The Pickle Jar                                                           

  The pickle jar as far back as I can remember sat on the floor beside the  
  dresser in my parents' bedroom. When he got ready for bed, Dad would      
  empty his pockets and toss his coins into the jar.                        

  As a small boy I was always fascinated at the sounds the coins made as    
  they were dropped into the jar. They landed with a merry jingle when the  
  jar was almost empty.  Then the tones gradually muted to a dull thud as   
  the jar was filled.                                                       

  I used to squat on the floor in front of the jar and admire the copper    
  and silver circles that glinted like a pirate's treasure when the sun     
  poured through the bedroom window.  When the jar was filled, Dad would    
  sit at the kitchen table and roll the coins before taking them to the     
  bank.                                                                     

  Taking the coins to the bank was always a big production.  Stacked neatly 
  in a small cardboard box, the coins were placed between Dad and me on the 
  seat of his old truck.                                                    

  Each and every time, as we drove to the bank, Dad would look at me        
  hopefully.  'Those coins are going to keep you out of the textile mill,   
  son You're going to do better than me.  This old mill town's not going to 
  hold you back.'                                                           

  Also, each and every time, as he slid the box of rolled coins across the  
  counter at the bank toward the cashier, he would grin proudly 'These are  
  for my son's college fund. He'll never work at the mill all his life like 
  me.'                                                                      

  We would always celebrate each deposit by stopping for an ice cream cone. 
  I always got chocolate.  Dad always got vanilla.  When the clerk at the   
  ice cream parlor handed Dad his change, he would show me the few coins    
  nestled in his palm.  'When we get home, we'll start filling the jar      
  again.'  He always let me drop the first coins into the empty jar.  As    
  they rattled around with a brief, happy jingle, we grinned at each other. 
  'You'll get to college on pennies, nickels, dimes and quarters,' he said. 
  'But you'll get there; I'll see to that.'                                 
  No matter how rough things got at home, Dad continued to doggedly drop    
  his coins into the jar.  Even the summer when Dad got laid off from the   
  mill, and Mama had to serve dried beans several times a week, not a       
  single dime was taken from the jar.                                       

  To the contrary, as Dad looked across the table at me, pouring catsup     
  over my beans to make them more palatable, he became more determined than 
  ever to make a way out for me.  'When you finish college, Son,' he told   
  me, his eyes glistening, 'You'll never have to eat beans again - unless   
  you want to.'                                                             

  The years passed, and I finished college and took a job in another town.  
  Once, while visiting my parents, I used the phone in their bedroom, and   
  noticed that the pickle jar was gone.  It had served its purpose and had  
  been removed.                                                             

  A lump rose in my throat as I stared at the spot beside the dresser where 
  the jar had always stood.  My dad was a man of few words, and never       
  lectured me on the values of determination, perseverance, and faith.
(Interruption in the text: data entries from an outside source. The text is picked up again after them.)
//! Merges states of a machine that may answer alike.

use crate::game::loses_none;
use crate::machine::Machine;
use crate::numbers::{Allocated, at, spend};
use crate::product::{MachineProduct, places_of};
use crate::steps::Steps;
use pg_search_components::Edges;

/// Returns a machine with fewer states, or the same machine. A state is left out where another one may take its place, since all runs are
/// still accepted then.
pub fn merged(machine: Machine, steps: &Steps, looks: &mut u64) -> Allocated<Machine> {
    let mut machine = machine;
    for _ in 0..u32::MAX {
        let before = machine.states;
        for state in (1..before).rev() {
            if state < machine.states {
                if let Some(fewer) = without(&machine, state, steps, looks)? {
                    machine = fewer;
                }
            }
        }
        if machine.states >= before || *looks == 0 {
            break;
        }
    }
    Ok(machine)
}

/// Returns the machine without a state, if another one may take its place. Only runs through that other one are new.
fn without(
    machine: &Machine,
    state: u32,
    steps: &Steps,
    looks: &mut u64,
) -> Allocated<Option<Machine>> {
    let start = [(0, steps.start)];
    let Some(product) = MachineProduct::of(machine, steps, &start, u32::MAX, looks)? else {
        return Ok(None);
    };
    let most = product.len().saturating_mul(4).saturating_add(256);
    let rows = places_of(steps.alloc, &product.states, machine.states)?;
    for other in 0..machine.states {
        if other == state || !spend(looks, machine.nexts.len() as u64 / 16) {
            continue;
        }
        let tried = machine.led(steps.alloc, state, other)?;
        let mut starts = Vec::new(steps.alloc);
        for pair in rows.targets(state) {
            starts.push((other, at(&product.besides, *pair)))?;
        }
        if let Some(product) = MachineProduct::of(&tried, steps, &starts, most, looks)? {
            if loses_none(&product.steps(&tried, steps)?, looks)? {
                return Ok(Some(tried.reached(steps.alloc)?));
            }
        }
    }
    Ok(None)
}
The  
  pickle jar had taught me all these virtues far more eloquently than the   
  most flowery of words could have done.  When I married, I told my wife    
  Susan about the significant part the lowly pickle jar had played in my    
  life as a boy.  In my mind, it defined, more than anything else, how much 
  my dad had loved me.                                                      
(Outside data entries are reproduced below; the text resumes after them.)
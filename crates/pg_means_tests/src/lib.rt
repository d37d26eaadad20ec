//! Tests of `pg_ltl` and `pg_means`: a formula that is read, and whether an automaton says the same. `tests/formulas.py`
//! shows more formulas, in many spellings, and formulas that are refused.
#![tactic(auto)]

#[cfg(test)]
mod formulas;
#[cfg(test)]
mod verdicts;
  The first Christmas after our daughter Jessica was born, we spent the     
  holiday with my parents.  After dinner, Mom and Dad sat next to each      
  other on the sofa, taking turns cuddling their first grandchild. Jessica  
  began to whimper softly, and Susan took her from Dad's arms. 'She         
  probably needs to be changed,' she said, carrying the baby into my        
  parents' bedroom to diaper her. When Susan came back into the living      
  room, there was a strange mist in her eyes.                               
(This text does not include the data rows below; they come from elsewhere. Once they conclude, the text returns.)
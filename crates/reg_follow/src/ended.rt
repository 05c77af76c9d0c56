// Where lines end, and why they aren't followed any more.
use reg_intake::{GiveError, IntakeError};
use reg_records::LogFault;
use reg_service::ServiceError;
use thiserror::Error;

/// Where the lines of a log end.
#[derive(Clone, Copy, Debug, PartialEq, Eq)]
pub enum LinesEnd {
    /// The input ended after a whole line.
    Input,
    /// The input ended inside a line. That line isn't taken.
    Unfinished,
    /// An empty line ended the log. What follows it isn't taken.
    EmptyLine,
}

/// Why lines aren't followed, or no longer are.
#[derive(Clone, Copy, Debug, PartialEq, Eq, Error)]
pub enum FollowError {
    /// The first faulty line; lines count from 1.
    #[error("line {line}: {fault}")]
    Fault { line: u64, fault: LogFault },
    /// The reader failed.
    #[error("ReadFault")]
    ReadFault,
    /// Memory was refused, or ports can't be served.
    #[error(transparent)]
    Service(#[from] ServiceError),
}

impl FollowError {
    /// Returns the exit status of a program that ends with this error: 2 for a faulty line, else 1.
    pub fn status(self) -> u8 {
        match self {
            FollowError::Fault { line: _, fault: _ } => 2,
            FollowError::ReadFault | FollowError::Service(_) => 1,
        }
    }
}

impl From<IntakeError> for FollowError {
    ghost use Rattle.std.specs.Prelude.{◌≡◌};
    ghost use Rattle.reg_follow.specs.Following.{follow_error_of};

    ghost from_gives = { λ error e. e ≡ follow_error_of error };

    fn from(error: IntakeError) -> FollowError {
        match error {
            IntakeError::Fault { line, fault } => FollowError::Fault { line, fault },
            IntakeError::OutOfMemory => FollowError::Service(ServiceError::OutOfMemory),
        }
    }
}

impl From<GiveError> for FollowError {
    ghost use Rattle.std.specs.Prelude.{◌≡◌};
    ghost use Rattle.reg_follow.specs.Following.{follow_error_of_read};

    ghost from_gives = { λ error e. e ≡ follow_error_of_read error };

    fn from(error: GiveError) -> FollowError {
        match error {
            GiveError::Read(_) => FollowError::ReadFault,
            GiveError::OutOfMemory => FollowError::Service(ServiceError::OutOfMemory),
        }
    }
}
  She handed Jessica back to Dad before taking my hand and leading me into  
  the room.  'Look,' she said softly, her eyes directing me to a spot on    
  the floor beside the dresser. To my amazement, there, as if it had never  
  been removed, stood the old pickle jar, the bottom already covered with   
  coins.  I walked over to the pickle jar, dug down into my pocket, and     
  pulled out a fistful of coins.  With a gamut of emotions choking me, I    
  dropped the coins into the jar.  I looked up and saw that Dad, carrying   
  Jessica, had slipped quietly into the room. Our eyes locked, and I knew   
  he was feeling the same emotions I felt. Neither one of us could speak.   

  This truly touched my heart.  I know it has yours as well. Sometimes we   
  are so busy adding up our troubles that we forget to count our blessings. 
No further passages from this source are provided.